What to work on:
Only lines with the string "place" should be returned from the data below.

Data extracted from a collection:
---*---

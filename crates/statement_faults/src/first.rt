//! The first fault of statements.

ghost use Rattle.std.specs.Prelude.{◌≡◌, ◌↔◌, pos, IfOk, IsTrue};
ghost use Rattle.problem_data.specs.Limits.{IsVersion, most_dims_in};
ghost use Rattle.problem_data.specs.Parts.{parts_view};
ghost use Rattle.problem_data.specs.Least.{IsLeast};
ghost use Rattle.problem_data.specs.Faults.{VersionFault, IsDims, DimsFault, IsFault, count_of};
ghost use Rattle.statement_faults.specs.Groups.{HeadFault, ObjectOrOrderFault, NamingFault, TailFault};

use crate::names::met_names;
use crate::objects::objects_fault;
use crate::order::{orders_fault, sides_fault};
use crate::rules::{macros_fault, rules_fault};
use crate::shapes::shapes_fault;
use geo_tokens::fault::FaultWord;
use problem_data::fault::{Fault, earlier, fault_if};
use problem_data::parts::Parts;
use problem_data::seen::SeenNames;
use problem_data::tree::Int;
use std::alloc::{AllocError, Global};

/// How many dimensions a text may have.
const MOST_DIMS: i64 = 6;

/// How many dimensions a text of version 1 may have.
const MOST_FIRST_DIMS: i64 = 4;

/// The number of dimensions that is stated.
pub fn count_of(dims: Int) -> usize
    ensures { result ≡ count_of dims.value }
{
    if dims.value < 0 {
        0
    } else {
        dims.value as usize
    }
}

fn is_version(value: i64) -> bool
    ensures { IsTrue result ↔ IsVersion value }
{
    value == 1 || value == 2
}

fn version_fault(version: Int) -> Option<Fault>
    ensures { IsLeast (VersionFault version) result }
{
    let known = is_version(version.value);
    fault_if(!known, version.place, FaultWord::Limit)
}

fn most_dims(version: i64) -> i64
    ensures { result ≡ pos (most_dims_in (count_of version)) }
{
    if version == 2 {
        MOST_DIMS
    } else {
        MOST_FIRST_DIMS
    }
}

fn has_dims(version: i64, dims: i64) -> bool
    ensures { IsTrue result ↔ IsDims version dims }
{
    1 <= dims && dims <= most_dims(version)
}

fn dims_fault(version: Int, dims: Int) -> Option<Fault>
    ensures { IsLeast (DimsFault version dims) result }
{
    let right = has_dims(version.value, dims.value);
    fault_if(!right, dims.place, FaultWord::Limit)
}

// The first fault of the version and the number of dimensions.
fn head_fault(said: &Parts) -> Option<Fault>
    ensures { IsLeast (HeadFault (parts_view said.now)) result }
{
    let version = version_fault(said.version);
    let dims = dims_fault(said.version, said.dims);
    earlier(version, dims)
}

// The first fault of objects and orders, where these are the names of the shapes.
fn object_fault(
    alloc: Global,
    k: usize,
    made: &SeenNames<'_>,
    said: &Parts,
) -> Result<Option<Fault>, AllocError>
    ensures { IfOk result (IsLeast (ObjectOrOrderFault k made.now (parts_view said.now))) }
{
    let list = said.objects.as_slice();
    let (names, repeated) = met_names(alloc, list)?;
    let objects = objects_fault(alloc, k, made, list, repeated)?;
    let orders = orders_fault(alloc, &names, said.orders.as_slice())?;
    Ok(earlier(objects, orders))
}

// The first fault of shapes, objects and orders.
fn naming_fault(alloc: Global, k: usize, said: &Parts) -> Result<Option<Fault>, AllocError>
    ensures { IfOk result (IsLeast (NamingFault k (parts_view said.now))) }
{
    let list = said.shapes.as_slice();
    let (names, repeated) = met_names(alloc, list)?;
    let shapes = shapes_fault(k, list, repeated);
    let others = object_fault(alloc, k, &names, said)?;
    Ok(earlier(shapes, others))
}

// The first fault of sides, macros and rules.
fn tail_fault(alloc: Global, k: usize, said: &Parts) -> Result<Option<Fault>, AllocError>
    ensures { IfOk result (IsLeast (TailFault k (parts_view said.now))) }
{
    let sides = sides_fault(k, said.sides.as_slice());
    let macros = macros_fault(alloc, said.macros.as_slice())?;
    let rules = rules_fault(alloc, k, said.rules.as_slice())?;
    let others = earlier(macros, rules);
    Ok(earlier(sides, others))
}

/// The first fault of the statements.
pub fn first_fault(alloc: Global, said: &Parts) -> Result<Option<Fault>, AllocError>
    ensures { IfOk result (IsLeast (IsFault (parts_view said.now))) }
{
    let k = count_of(said.dims);
    let head = head_fault(said);
    let naming = naming_fault(alloc, k, said)?;
    let tail = tail_fault(alloc, k, said)?;
    let others = earlier(naming, tail);
    Ok(earlier(head, others))
}
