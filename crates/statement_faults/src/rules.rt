//! Faults of the statements of macros and rules.

ghost use Rattle.std.specs.Prelude.{◌≡◌, map, IfOk};
ghost use Rattle.problem_data.specs.View.{macro_view, demand_view, rule_view};
ghost use Rattle.problem_data.specs.Least.{IsLeast};
ghost use Rattle.problem_data.specs.Faults.{MacroFault, MacrosFault, DemandFault, RuleFault, RulesFault};

use crate::divisors::{body_zero, divisor_fault, formula_zero};
use crate::each::{FindFault, TryFindFault, each_fault, try_each_fault};
use crate::names::names_fault;
use crate::numbers::ranges_fault;
use problem_data::fault::{Fault, earlier};
use problem_data::tree::{MacroText, RuleBody, RuleText};
use std::alloc::{AllocError, Global};

/// How many macros a problem may have.
const MOST_MACROS: usize = 100;

/// How many parameters a macro may have.
const MOST_PARAMS: usize = 8;

/// How many rules a problem may have.
const MOST_RULES: usize = 100;

fn macro_fault(alloc: Global, said: &MacroText) -> Result<Option<Fault>, AllocError>
    ensures { IfOk result (IsLeast (MacroFault (macro_view said.now))) }
{
    let names = names_fault(alloc, MOST_PARAMS, said.params.as_slice())?;
    let divisor = divisor_fault(body_zero(&said.body));
    Ok(earlier(names, divisor))
}

// Finds the first fault of a macro.
#[derive(Clone, Copy)]
struct Macros {
    alloc: Global,
}

impl TryFindFault<MacroText> for Macros {
    ghost IsFaultOf = { λ _ m. MacroFault (macro_view m) };

    fn try_fault_of(&self, item: &MacroText) -> Result<Option<Fault>, AllocError> {
        macro_fault(self.alloc, item)
    }
}

/// The first fault of the statements of macros.
pub fn macros_fault(alloc: Global, macros: &[MacroText]) -> Result<Option<Fault>, AllocError>
    ensures { IfOk result (IsLeast (MacrosFault (map macro_view macros.now))) }
{
    let names = names_fault(alloc, MOST_MACROS, macros)?;
    let each = try_each_fault(&Macros { alloc }, macros)?;
    Ok(earlier(names, each))
}

fn demand_fault(k: usize, body: &RuleBody) -> Option<Fault>
    ensures { IsLeast (DemandFault k (demand_view body.now)) result }
{
    match body {
        RuleBody::Apart => None,
        RuleBody::Within(ranges) => ranges_fault(k, ranges.as_slice()),
        RuleBody::Plain(formula) => divisor_fault(formula_zero(formula)),
    }
}

// Finds the first fault of what a rule demands, where there are so many dimensions.
#[derive(Clone, Copy)]
struct Demands {
    k: usize,
}

impl FindFault<RuleText> for Demands {
    ghost IsFaultOf = { λ d r. RuleFault d.k (rule_view r) };

    fn fault_of(&self, item: &RuleText) -> Option<Fault> {
        demand_fault(self.k, &item.body)
    }
}

/// The first fault of the statements of rules.
pub fn rules_fault(alloc: Global, k: usize, rules: &[RuleText]) -> Result<Option<Fault>, AllocError>
    ensures { IfOk result (IsLeast (RulesFault k (map rule_view rules.now))) }
{
    let names = names_fault(alloc, MOST_RULES, rules)?;
    let each = each_fault(&Demands { k }, rules);
    Ok(earlier(names, each))
}
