//! Faults of the statements of shapes.

ghost use Rattle.std.specs.Prelude.{◌≡◌, ℕ, List, length, map};
ghost use Rattle.problem_data.specs.Tree.{BoxTree};
ghost use Rattle.problem_data.specs.View.{box_view, shape_view};
ghost use Rattle.problem_data.specs.Least.{IsLeast};
ghost use Rattle.problem_data.specs.Faults.{Among, BoxFault, ShapeFault, ShapesFault, Repeated, shape_name};

use crate::each::{FindFault, each_fault};
use crate::names::limited;
use crate::numbers::{offsets_fault, sizes_fault};
use geo_tokens::fault::FaultWord;
use problem_data::fault::{Fault, earlier, fault_if};
use problem_data::tree::{BoxText, ShapeText};

/// How many shapes a problem may have.
const MOST_SHAPES: usize = 256;

/// How many boxes a shape may have.
const MOST_BOXES: usize = 16;

/// The first fault of a box that has so many boxes before it.
fn box_fault(k: usize, index: usize, part: &BoxText) -> Option<Fault>
    ensures { (before : List BoxTree) → length before ≡ index
        → IsLeast (BoxFault k before (box_view part.now)) result }
{
    let past = fault_if(index >= MOST_BOXES, part.place, FaultWord::Limit);
    let offsets = offsets_fault(k, &part.offsets);
    let sizes = sizes_fault(k, &part.sizes);
    let numbers = earlier(offsets, sizes);
    earlier(past, numbers)
}

fn shape_fault(k: usize, shape: &ShapeText) -> Option<Fault>
    ensures { IsLeast (ShapeFault k (shape_view shape.now)) result }
{
    let mut found = None;
    for (i, part) in shape.boxes.iter().enumerate() {
        let here = box_fault(k, i, part);
        found = earlier(found, here);
    }
    found
}

// Finds the first fault of a shape, where there are so many dimensions.
#[derive(Clone, Copy)]
struct Shapes {
    k: usize,
}

impl FindFault<ShapeText> for Shapes {
    ghost IsFaultOf = { λ it s. ShapeFault it.k (shape_view s) };

    fn fault_of(&self, item: &ShapeText) -> Option<Fault> {
        shape_fault(self.k, item)
    }
}

/// The first fault of the statements of shapes, where the first name that is repeated is known.
pub fn shapes_fault(k: usize, shapes: &[ShapeText], repeated: Option<Fault>) -> Option<Fault>
    requires { IsLeast (Repeated (map (λ s. s.name) shapes.now)) repeated }
    ensures { IsLeast (ShapesFault k (map shape_view shapes.now)) result }
{
    let names = limited(MOST_SHAPES, shapes, repeated);
    let each = each_fault(&Shapes { k }, shapes);
    earlier(names, each)
}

---*---

Answer section:
    fault_if(!known, version.place, FaultWord::Limit)
    fault_if(!right, dims.place, FaultWord::Limit)
    let past = fault_if(index >= MOST_BOXES, part.place, FaultWord::Limit);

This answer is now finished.